The New York Times reports that FBI investigators have found that Nigerian fraud rings are attacking unemployment offices around the country and siphoning hundreds of millions in fraudulent claims from state offices.

Investigators characterize the attack as “immense” and “sophisticated” and report that the ring has already extracted millions in fraudulent claims. The attackers are launching their attacks as millions of American’s rush to file for unemployment and are able to “fly under the radar” since the offices are dealing with a crush of volume.

Since March, more than 36 million people have filed for unemployment as businesses have shuttered across the nation.

Unemployment benefits became a more attractive target for these fraudsters since the additional $600 in weekly payments were added to the program from the federal stimulus program.

Stolen Personal Information from Breaches Is The Fuel to the Fire

The fraud rings appear to be using detailed information such as Social Security Numbers, Addresses, and other personal information from prior data breaches to file fraudulent unemployment claims.

After filing a false unemployment claim they have the funds direct deposited into accounts owned by a vast network of money mules. It is unclear from the FBI if the money mules are complicit in the fraudulent activity or victims themselves of a scam. The FBI issued a warning that people should be wary of quick-money job offers or other suspicious financial arrangements.

The fraud pattern is very similar in nature to the massive tax return fraud schemes that have plagued the IRS for the last 7 years. The Treasury Department recently posted that $135 million in fraudulent refunds were identified for the first two months of 2020, compared to $15 million in the same period for 2019. That’s a whopping increase of 760% over 2019.

Washington State Was The First Targeted State With A 700% Increase in Fraud Claims

The alert from the secret service came on the heels of an announcement earlier this week that Washington State was forced to suspend unemployment claims for 2 days while they tried to resolve substantial fraud attacks.

According to the Seattle Times, the fraudulent claim rate began to spike in early May.

“Between March and April, the number of fraudulent claims for unemployment benefits jumped 27-fold to 700,” the state Employment Security Department (ESD) told The Seattle Times. The story noted that the ESD’s fraud hotline has been inundated with calls, and received so many emails last weekend that it temporarily shut down.

Those fraudulent unemployment claims in Washington have another very distinct pattern that tipped off secret service investigators. Individuals residing out-of-state are receiving multiple ACH deposits from the State of Washington Unemployment Benefits Program, all in different individuals’ names with no connection to the account holder.

Bankers in Oklahoma say that they have seen a surge in unemployment claims from Washington sent to suspected mules in their state.

‘It’s been unbelievable to see the huge number of bogus filings here, and in such large amounts,’ Elaine Dodd, executive vice president of the fraud division at the Oklahoma Bankers Association, told Krebs. 

‘I’m proud of our bankers because they’ve managed to stop a lot of these transfers, but some are already gone. Most mules seem to have [been involved in] romance scams.’ 

To get a better handle on the fraud, state officials announced they would be increasing the number of agents on the fraud hotline, hiring more fraud investigators, cross-matching data with other state agencies and across the country to detect fraud activity, as well as working with the U.S. Department of Labor to both detect and prevent fraud cases.

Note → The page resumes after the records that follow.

// The board book as a book.
ghost use Rattle.std.specs.Prelude.{◌≡◌, true, false};
ghost use Rattle.std.proofs.Common.{arith};
ghost use Rattle.std.proofs.lemmas.Bool.Decides.{nat_tests};
ghost use Rattle.book.specs.Meaning.{ties_of};
ghost use Rattle.book.specs.Calls.{entering, entered, striking, struck, marking, marked_as};
ghost use Rattle.book_laws.proofs.Counting.{count3_le};
ghost use Rattle.marks.specs.MarkBoards.{counts_kept};
ghost use Rattle.board_book.specs.Boards.{board_meaning, words_held};

use crate::board::BoardBook;
use crate::making::possible_ties;
use book::counts::Counts;
use book::faces::{Keeping, Reading};
use book::mark::MarkFact;
use book::refusal::{EnterRefusal, RangeRefusal};
use book::tie::{Direction, Neighbours, Tie};

impl Reading for BoardBook {
    ghost meaning = { board_meaning };

    ghost sound = { unfold ties_of in
        λ b. record {
          limits = b.marks.within;
          tied_within = λ l f t e. Prim.grind (arith, nat_tests, e);
          marked_within = λ k n e. Prim.grind (arith, nat_tests, e);
          fits =
              let counts = counts_kept b.marks in
              count3_le counts.labels counts.names (board_meaning b).tied;
        } };

    fn counts(&self) -> Counts {
        self.marks.counts()
    }

    fn tie_count(&self) -> usize {
        self.used
    }

    fn mark_count(&self) -> usize {
        self.marks.mark_count()
    }

    fn has_tie(&self, tie: Tie) -> Result<bool, RangeRefusal> {
        self.counts().check_tie(tie)?;
        Ok(self.holds(tie))
    }

    fn has_mark(&self, fact: MarkFact) -> Result<bool, RangeRefusal> {
        self.marks.has_mark(fact)
    }

    fn next(&self, of: Neighbours, at: u8) -> Result<Option<u8>, RangeRefusal> {
        self.counts().check_next(of, at)?;
        // two ways: forward the bits stand side by side and are read as one word, backward one by one
        Ok(match of.direction {
            Direction::Forward => self.next_to(of, at),
            Direction::Backward => self.next_from(of, at),
        })
    }
}

// Each call says that there are as many words after it as before (`long`), which no fact of one board says.
impl Keeping for BoardBook {
    fn capacity(&self) -> usize {
        possible_ties(self.counts())
    }

    fn enter(&mut self, tie: Tie) -> Result<(), EnterRefusal>
        ensures answer { result ≡ entering (board_meaning self.old) tie }
        ensures after { board_meaning self.new ≡ entered (board_meaning self.old) tie }
        ensures long { words_held self.new ≡ words_held self.old }
    {
        self.counts().check_tie(tie)?;
        self.put_tie(tie, true);
        Ok(())
    }

    fn strike(&mut self, tie: Tie) -> Result<(), RangeRefusal>
        ensures answer { result ≡ striking (board_meaning self.old) tie }
        ensures after { board_meaning self.new ≡ struck (board_meaning self.old) tie }
        ensures long { words_held self.new ≡ words_held self.old }
    {
        self.counts().check_tie(tie)?;
        self.put_tie(tie, false);
        Ok(())
    }

    fn set_mark(&mut self, fact: MarkFact) -> Result<(), RangeRefusal>
        ensures answer { result ≡ marking (board_meaning self.old) fact }
        ensures after { board_meaning self.new ≡ marked_as (board_meaning self.old) fact true }
        ensures long { words_held self.new ≡ words_held self.old }
    {
        self.marks.put_mark(fact, true)
    }

    fn lift_mark(&mut self, fact: MarkFact) -> Result<(), RangeRefusal>
        ensures answer { result ≡ marking (board_meaning self.old) fact }
        ensures after { board_meaning self.new ≡ marked_as (board_meaning self.old) fact false }
        ensures long { words_held self.new ≡ words_held self.old }
    {
        self.marks.put_mark(fact, false)
    }
}
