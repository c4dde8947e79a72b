// The operands of a command: words of the roll, or numbers taken as they are.
ghost use Rattle.std.specs.Prelude.{◌≡◌, IfErr};
ghost use Rattle.requests.specs.Operands.{behind_hash, operand};
ghost use Rattle.std.specs.Result.{result_ok};

use crate::number::byte_number;
use roll::list::List;
use roll::roll::Roll;

// The number that stands behind `#`, if the word is such a one.
fn hash_number(word: &[u8]) -> Option<u8>
    ensures { result ≡ behind_hash word.now }
{
    match word {
        [b'#', digits @ ..] => byte_number(digits),
        _ => None,
    }
}

// The number that an operand stands for: that behind `#`, or the word's in its list; else the word, which
// is unknown.
pub fn number_of<'a>(roll: Roll<'_>, list: List, word: &'a [u8]) -> Result<u8, &'a [u8]>
    ensures known { result_ok result ≡ operand roll.entry list word.now }
    ensures unknown { IfErr result (λ w. w.now ≡ word.now) }
{
    match hash_number(word) {
        Some(number) => Ok(number),
        None => roll.find(list, word).ok_or(word),
    }
}
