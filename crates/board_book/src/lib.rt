// A book that keeps one bit for each possible tie, in its caller's words of 64 bits.
#![tactic(auto)]

pub mod board;
pub mod keeping;
pub mod making;
mod places;
pub mod refusal;
mod seeking;
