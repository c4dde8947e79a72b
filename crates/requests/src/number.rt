// Plain decimal numbers.
ghost use Rattle.std.specs.Prelude.{◌≡◌, ◌+◌, ◌*◌, min};
ghost use Rattle.requests.specs.Decimal.{written};

// The number that the word writes in decimal digits, or `most` where it is greater; none where the word
// is empty or has another byte. The library's `parse` takes a sign too, and refuses a number that is too great.
pub fn decimal(word: &[u8], most: u16) -> Option<u16>
    ensures { result ≡ written word.now most }
{
    if word.is_empty() {
        return None;
    }
    let mut number = 0;
    for byte in word {
        if !byte.is_ascii_digit() {
            return None;
        }
        number = one_more_digit(number, *byte - b'0', most);
    }
    Some(number)
}

// Ten times the number and the digit, or `most` where that is greater.
fn one_more_digit(number: u16, digit: u8, most: u16) -> u16
    ensures { result ≡ min (10 * number + digit) most }
{
    (10 * u32::from(number) + u32::from(digit)).min(u32::from(most)) as u16
}

// The number as the calls of a book take it. Every number from 255 on is below no count, so that 255
// stands for all of them.
pub fn byte_number(word: &[u8]) -> Option<u8>
    ensures { result ≡ written word.now 255 }
{
    u8::try_from(decimal(word, 255)?).ok()
}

While Washington was the most heavily attacked state, the secret service has warned that other states appear to be targeted as well including; North Carolina, Massachusetts, Rhode Island, Oklahoma, Wyoming , and Florida.

400 Employees From Western Washington University Have Been Targeted

In another indication that breached information is probably being used, the Secret Service has found that victims of the fraud are in highly concentrated groups.

The New York Times reports that at Western Washington University in Bellingham, Wash., more than 400 out of about 2,500 total employees have been targeted with fraudulent claims.

Most of those victims were clued into the fraud when they began receiving mail from the ESD office advising them that their unemployment claim had been approved and funds were dispersed.

The ESD in Washington was inundated with calls into their hotline as victims began to receive those notifications.

It is worth noting that Washington State has some of the highest weekly unemployment benefits in the nation and that could be part of the reason they were targeted by the fraud rings

Hundreds of OSU employees In Oklahoma Impacted As Well

In Oklahoma, there have been 5,500 reports collected concerning unemployment fraud since the pandemic began.

There have been more than 200 OSU employees that have had fraudulent claims filed with their information alone. While Western Washington University employees were victims of a data breach, the problem at OSU is a bit different. In their case, it appears that a cyberattack may be responsible for their information being compromised.

Officials in Oklahoma believe the problem of unemployment fraud is more widespread than many believe.

Brook Arbeitman, PIO for the Oklahoma State Bureau of Investigation, said the problem is rampant across the state. The OSBI formed a task force last week of state and federal agencies to investigate these false claims.

“It doesn’t matter if it’s a major metropolitan area, rural area, elected officials, state employees,” Arbeitman said. “It seems to be targeting everybody.”